### Task details
Your answer should be the exact lines of the data below from the one containing "one state to" through the one containing "sum along the steps from each state to"; please include nothing else.

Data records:
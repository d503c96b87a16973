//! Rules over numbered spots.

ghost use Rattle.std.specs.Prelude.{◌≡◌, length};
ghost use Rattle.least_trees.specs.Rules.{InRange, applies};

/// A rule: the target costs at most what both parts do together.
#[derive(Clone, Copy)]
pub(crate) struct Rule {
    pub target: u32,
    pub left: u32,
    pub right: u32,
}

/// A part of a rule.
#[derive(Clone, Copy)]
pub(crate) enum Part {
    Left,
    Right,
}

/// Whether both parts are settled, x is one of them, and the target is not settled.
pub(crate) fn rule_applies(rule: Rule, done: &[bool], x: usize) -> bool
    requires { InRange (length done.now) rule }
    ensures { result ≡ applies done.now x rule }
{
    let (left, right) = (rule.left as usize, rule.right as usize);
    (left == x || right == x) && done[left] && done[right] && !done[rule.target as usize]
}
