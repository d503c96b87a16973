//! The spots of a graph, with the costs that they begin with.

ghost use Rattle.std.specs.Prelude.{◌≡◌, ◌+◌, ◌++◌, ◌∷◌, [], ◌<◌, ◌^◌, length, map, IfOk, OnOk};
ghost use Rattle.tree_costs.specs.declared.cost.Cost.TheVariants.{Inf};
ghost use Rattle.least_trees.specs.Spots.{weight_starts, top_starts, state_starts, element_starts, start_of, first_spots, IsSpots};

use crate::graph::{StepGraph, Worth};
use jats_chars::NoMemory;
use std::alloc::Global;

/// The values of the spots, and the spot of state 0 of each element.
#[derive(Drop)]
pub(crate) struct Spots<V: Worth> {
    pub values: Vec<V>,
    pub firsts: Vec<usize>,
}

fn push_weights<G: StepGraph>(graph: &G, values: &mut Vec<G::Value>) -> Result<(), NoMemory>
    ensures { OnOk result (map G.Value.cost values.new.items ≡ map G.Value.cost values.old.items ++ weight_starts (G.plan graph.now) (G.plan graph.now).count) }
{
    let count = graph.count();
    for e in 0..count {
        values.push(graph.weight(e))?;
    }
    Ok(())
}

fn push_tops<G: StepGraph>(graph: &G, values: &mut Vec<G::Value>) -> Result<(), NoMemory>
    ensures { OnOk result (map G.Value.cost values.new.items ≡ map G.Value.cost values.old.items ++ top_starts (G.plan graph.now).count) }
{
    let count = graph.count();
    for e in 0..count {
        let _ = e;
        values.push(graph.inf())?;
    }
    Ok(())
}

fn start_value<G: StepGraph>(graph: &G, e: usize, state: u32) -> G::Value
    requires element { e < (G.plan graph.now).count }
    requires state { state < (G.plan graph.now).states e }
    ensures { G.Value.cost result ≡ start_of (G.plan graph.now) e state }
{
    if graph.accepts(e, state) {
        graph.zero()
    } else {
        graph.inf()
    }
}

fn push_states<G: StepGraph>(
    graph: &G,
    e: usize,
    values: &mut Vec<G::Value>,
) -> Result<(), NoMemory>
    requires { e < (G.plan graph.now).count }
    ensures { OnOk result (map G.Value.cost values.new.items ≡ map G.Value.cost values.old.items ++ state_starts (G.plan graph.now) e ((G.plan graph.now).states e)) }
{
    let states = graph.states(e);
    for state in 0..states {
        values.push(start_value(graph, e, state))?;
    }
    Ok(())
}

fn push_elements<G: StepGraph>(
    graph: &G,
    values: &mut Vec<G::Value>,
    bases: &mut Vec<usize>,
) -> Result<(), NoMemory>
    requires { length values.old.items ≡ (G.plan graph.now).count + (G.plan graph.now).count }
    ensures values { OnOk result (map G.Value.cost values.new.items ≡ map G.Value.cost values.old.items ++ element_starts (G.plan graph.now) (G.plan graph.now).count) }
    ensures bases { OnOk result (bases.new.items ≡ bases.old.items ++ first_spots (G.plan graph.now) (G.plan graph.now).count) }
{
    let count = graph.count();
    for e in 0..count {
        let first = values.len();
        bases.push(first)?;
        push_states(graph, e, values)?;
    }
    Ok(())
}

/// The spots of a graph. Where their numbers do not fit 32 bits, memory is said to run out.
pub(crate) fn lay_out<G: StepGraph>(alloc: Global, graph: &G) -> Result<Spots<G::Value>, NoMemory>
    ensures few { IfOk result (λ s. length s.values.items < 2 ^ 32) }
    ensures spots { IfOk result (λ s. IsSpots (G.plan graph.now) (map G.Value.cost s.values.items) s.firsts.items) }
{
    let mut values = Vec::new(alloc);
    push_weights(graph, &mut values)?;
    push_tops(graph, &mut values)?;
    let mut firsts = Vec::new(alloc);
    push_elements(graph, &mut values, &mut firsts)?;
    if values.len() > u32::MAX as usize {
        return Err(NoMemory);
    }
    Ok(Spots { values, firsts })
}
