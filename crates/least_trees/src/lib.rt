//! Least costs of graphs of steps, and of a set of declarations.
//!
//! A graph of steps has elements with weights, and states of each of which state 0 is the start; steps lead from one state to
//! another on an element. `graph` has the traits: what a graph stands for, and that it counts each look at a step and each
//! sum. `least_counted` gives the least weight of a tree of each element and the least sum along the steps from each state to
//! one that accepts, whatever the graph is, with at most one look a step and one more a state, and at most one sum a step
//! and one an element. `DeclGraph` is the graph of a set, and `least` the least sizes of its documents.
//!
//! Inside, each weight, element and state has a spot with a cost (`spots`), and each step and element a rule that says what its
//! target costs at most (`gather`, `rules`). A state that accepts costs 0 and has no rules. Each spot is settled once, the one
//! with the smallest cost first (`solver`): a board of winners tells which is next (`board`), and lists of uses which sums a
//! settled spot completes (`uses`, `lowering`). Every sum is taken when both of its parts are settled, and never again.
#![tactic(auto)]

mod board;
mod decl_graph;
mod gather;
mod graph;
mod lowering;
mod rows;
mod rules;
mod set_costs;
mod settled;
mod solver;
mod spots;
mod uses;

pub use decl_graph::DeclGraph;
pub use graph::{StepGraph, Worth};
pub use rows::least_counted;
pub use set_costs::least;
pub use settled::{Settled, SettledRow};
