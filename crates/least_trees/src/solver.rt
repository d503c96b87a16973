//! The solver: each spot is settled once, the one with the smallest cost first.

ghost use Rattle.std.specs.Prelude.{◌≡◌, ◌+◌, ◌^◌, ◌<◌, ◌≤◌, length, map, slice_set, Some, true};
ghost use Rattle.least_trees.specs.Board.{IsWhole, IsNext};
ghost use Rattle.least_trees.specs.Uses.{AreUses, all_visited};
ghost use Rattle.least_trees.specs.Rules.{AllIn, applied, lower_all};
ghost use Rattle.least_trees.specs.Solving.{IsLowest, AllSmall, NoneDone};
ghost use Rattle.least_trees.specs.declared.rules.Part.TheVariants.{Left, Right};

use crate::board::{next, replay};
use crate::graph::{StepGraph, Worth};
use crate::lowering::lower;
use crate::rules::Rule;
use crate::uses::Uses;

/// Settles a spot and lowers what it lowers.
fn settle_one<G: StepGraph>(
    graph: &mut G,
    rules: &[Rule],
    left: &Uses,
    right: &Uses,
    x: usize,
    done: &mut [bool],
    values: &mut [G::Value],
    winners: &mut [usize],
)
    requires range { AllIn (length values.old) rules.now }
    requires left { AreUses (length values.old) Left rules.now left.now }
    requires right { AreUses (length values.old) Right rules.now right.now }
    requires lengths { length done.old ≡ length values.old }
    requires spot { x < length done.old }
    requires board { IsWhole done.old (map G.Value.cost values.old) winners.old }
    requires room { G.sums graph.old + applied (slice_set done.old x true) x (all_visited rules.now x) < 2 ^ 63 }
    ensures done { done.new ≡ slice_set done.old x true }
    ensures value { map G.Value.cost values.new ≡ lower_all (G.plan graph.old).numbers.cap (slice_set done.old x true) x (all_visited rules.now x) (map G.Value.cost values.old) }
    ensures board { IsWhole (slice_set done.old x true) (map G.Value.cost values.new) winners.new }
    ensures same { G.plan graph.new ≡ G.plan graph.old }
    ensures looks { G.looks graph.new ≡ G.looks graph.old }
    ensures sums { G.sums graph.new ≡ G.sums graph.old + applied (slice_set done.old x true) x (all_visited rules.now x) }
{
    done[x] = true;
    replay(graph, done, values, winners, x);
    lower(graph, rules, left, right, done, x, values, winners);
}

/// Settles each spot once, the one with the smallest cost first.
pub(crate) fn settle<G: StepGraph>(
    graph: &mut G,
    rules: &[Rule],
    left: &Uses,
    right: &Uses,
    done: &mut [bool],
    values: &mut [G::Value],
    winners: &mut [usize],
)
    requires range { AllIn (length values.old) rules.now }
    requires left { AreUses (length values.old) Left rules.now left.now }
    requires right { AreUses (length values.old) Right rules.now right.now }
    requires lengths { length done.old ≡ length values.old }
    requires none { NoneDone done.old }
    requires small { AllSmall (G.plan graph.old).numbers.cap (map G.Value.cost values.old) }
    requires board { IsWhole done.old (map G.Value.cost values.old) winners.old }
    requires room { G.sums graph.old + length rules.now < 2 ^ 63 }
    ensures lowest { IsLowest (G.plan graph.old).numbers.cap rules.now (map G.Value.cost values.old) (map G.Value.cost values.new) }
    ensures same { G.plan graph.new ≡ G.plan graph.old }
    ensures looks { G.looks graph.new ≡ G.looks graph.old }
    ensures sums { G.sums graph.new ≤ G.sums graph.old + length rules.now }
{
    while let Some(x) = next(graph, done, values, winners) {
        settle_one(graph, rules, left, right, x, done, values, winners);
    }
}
==
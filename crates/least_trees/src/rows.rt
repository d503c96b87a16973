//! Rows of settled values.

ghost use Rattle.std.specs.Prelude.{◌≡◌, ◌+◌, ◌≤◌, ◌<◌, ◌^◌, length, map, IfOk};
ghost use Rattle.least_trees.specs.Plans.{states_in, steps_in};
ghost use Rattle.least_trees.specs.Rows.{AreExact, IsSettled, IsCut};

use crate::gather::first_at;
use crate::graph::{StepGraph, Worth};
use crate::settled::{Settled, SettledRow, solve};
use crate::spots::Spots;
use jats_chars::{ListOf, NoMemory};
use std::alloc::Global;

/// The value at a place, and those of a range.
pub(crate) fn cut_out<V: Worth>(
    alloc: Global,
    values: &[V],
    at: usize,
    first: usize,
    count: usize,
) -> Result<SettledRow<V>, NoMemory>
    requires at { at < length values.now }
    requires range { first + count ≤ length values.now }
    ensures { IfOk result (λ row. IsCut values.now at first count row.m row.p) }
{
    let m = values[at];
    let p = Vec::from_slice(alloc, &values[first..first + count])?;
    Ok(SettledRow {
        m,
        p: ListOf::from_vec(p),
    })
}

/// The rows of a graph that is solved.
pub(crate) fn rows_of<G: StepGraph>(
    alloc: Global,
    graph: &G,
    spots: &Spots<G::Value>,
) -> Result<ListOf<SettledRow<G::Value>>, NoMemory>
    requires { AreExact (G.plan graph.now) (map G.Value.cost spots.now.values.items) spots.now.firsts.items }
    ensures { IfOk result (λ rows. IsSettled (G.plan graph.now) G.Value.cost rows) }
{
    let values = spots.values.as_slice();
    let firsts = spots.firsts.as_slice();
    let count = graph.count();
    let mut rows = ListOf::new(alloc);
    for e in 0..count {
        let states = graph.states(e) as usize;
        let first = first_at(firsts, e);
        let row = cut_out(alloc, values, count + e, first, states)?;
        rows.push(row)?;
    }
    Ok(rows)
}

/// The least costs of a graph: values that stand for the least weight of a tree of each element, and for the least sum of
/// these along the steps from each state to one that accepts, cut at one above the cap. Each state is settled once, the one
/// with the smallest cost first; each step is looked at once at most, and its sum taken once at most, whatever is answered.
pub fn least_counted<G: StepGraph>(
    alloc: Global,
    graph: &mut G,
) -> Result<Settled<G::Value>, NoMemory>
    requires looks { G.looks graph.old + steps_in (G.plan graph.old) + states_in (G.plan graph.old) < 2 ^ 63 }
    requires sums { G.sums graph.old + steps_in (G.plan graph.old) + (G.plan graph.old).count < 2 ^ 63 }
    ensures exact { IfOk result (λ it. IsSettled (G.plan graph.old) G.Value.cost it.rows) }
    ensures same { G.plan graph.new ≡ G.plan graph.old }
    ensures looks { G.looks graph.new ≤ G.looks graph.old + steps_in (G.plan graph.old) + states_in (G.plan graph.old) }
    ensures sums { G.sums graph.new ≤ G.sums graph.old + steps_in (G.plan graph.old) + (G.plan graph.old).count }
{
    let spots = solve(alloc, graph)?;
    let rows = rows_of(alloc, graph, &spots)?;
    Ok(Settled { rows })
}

### Your solution
//! A graph of steps has elements with weights, and states of each of which state 0 is the start; steps lead from one state to
//! another on an element. `graph` has the traits: what a graph stands for, and that it counts each look at a step and each
//! sum. `least_counted` gives the least weight of a tree of each element and the least sum along the steps from each state to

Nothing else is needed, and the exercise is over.